• **What is expected**: Give back every record that follows, exactly as written.

• **Data for review**:

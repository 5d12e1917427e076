#![tactic(auto)]

mod bodies;
mod build;
mod codes;
mod cursor;
mod declarations;
mod fields;
mod kind;
mod mark;
mod number;
mod reader;
mod records;
mod run;
mod section;
mod words;

pub use reader::read;
pub use records::{
    ActionKind, ConnectionKind, Field, Opcode, PickerKind, QueueKind, ReadingClass, Record,
    TriggerKind,
};
pub use section::Section;
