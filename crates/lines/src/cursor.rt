// How far a line is read, and the fields that it reads.
ghost use Rattle.std.specs.Prelude.{◌≡◌, ◌≤◌, length, MatchOption};

use crate::kind::Kind;
use crate::number::{Numeral, integer_in_front};

// Where a field stands in its line, and the number that it writes. It holds no part of the line:
// an array of N structs that hold references gets no generated proof.
#[derive(Clone, Copy)]
pub(crate) struct Token {
    pub(crate) place: usize,
    pub(crate) len: usize,
    pub(crate) number: i128,
}

#[derive(Clone, Copy)]
pub(crate) struct Cursor<'a> {
    pub(crate) line: &'a [u8],
    // where what is left of the line begins
    pub(crate) place: usize,
    ghost within: { place ≤ length line.now },
}

impl<'a> Cursor<'a> {
    ghost use Rattle.lines.specs.Steps.{Takes, NoField, left};

    pub(crate) fn rest(&self) -> &'a [u8]
        ensures { result.now ≡ left self.now }
    {
        &self.line[self.place..]
    }

    // The field in front of what is left, after one space. Inlined, as is `integer_in_front`: with a call for each field
    // a line of short ones takes a third longer.
    #[inline(always)]
    pub(crate) fn next(&mut self, kind: Kind) -> Option<Token>
        ensures { MatchOption result (NoField (left self.old) kind) (λ t. Takes self.old kind t self.new) }
    {
        let [b' ', text @ ..] = self.rest() else {
            return None;
        };
        let Numeral { value, len } = integer_in_front(text)?;
        if value < 0 && !kind.may_be_negative() {
            return None;
        }
        let place = self.place + 1;
        self.place = place + len;
        Some(Token {
            place,
            len,
            number: value,
        })
    }
}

• **Answer space**:
repository 5d12e1917427e076
#![tactic(auto)]

mod bodies;
mod build;
mod codes;
mod cursor;
mod declarations;
mod fields;
mod kind;
mod mark;
mod number;
mod reader;
mod records;
mod run;
mod section;
mod words;

pub use reader::read;
pub use records::{
    ActionKind, ConnectionKind, Field, Opcode, PickerKind, QueueKind, ReadingClass, Record,
    TriggerKind,
};
pub use section::Section;
filename crates/lines/src/cursor.rt
// How far a line is read, and the fields that it reads.
ghost use Rattle.std.specs.Prelude.{◌≡◌, ◌≤◌, length, MatchOption};

use crate::kind::Kind;
use crate::number::{Numeral, integer_in_front};

// Where a field stands in its line, and the number that it writes. It holds no part of the line:
// an array of N structs that hold references gets no generated proof.
#[derive(Clone, Copy)]
pub(crate) struct Token {
    pub(crate) place: usize,
    pub(crate) len: usize,
    pub(crate) number: i128,
}

#[derive(Clone, Copy)]
pub(crate) struct Cursor<'a> {
    pub(crate) line: &'a [u8],
    // where what is left of the line begins
    pub(crate) place: usize,
    ghost within: { place ≤ length line.now },
}

impl<'a> Cursor<'a> {
    ghost use Rattle.lines.specs.Steps.{Takes, NoField, left};

    pub(crate) fn rest(&self) -> &'a [u8]
        ensures { result.now ≡ left self.now }
    {
        &self.line[self.place..]
    }

    // The field in front of what is left, after one space. Inlined, as is `integer_in_front`: with a call for each field
    // a line of short ones takes a third longer.
    #[inline(always)]
    pub(crate) fn next(&mut self, kind: Kind) -> Option<Token>
        ensures { MatchOption result (NoField (left self.old) kind) (λ t. Takes self.old kind t self.new) }
    {
        let [b' ', text @ ..] = self.rest() else {
            return None;
        };
        let Numeral { value, len } = integer_in_front(text)?;
        if value < 0 && !kind.may_be_negative() {
            return None;
        }
        let place = self.place + 1;
        self.place = place + len;
        Some(Token {
            place,
            len,
            number: value,
        })
    }
}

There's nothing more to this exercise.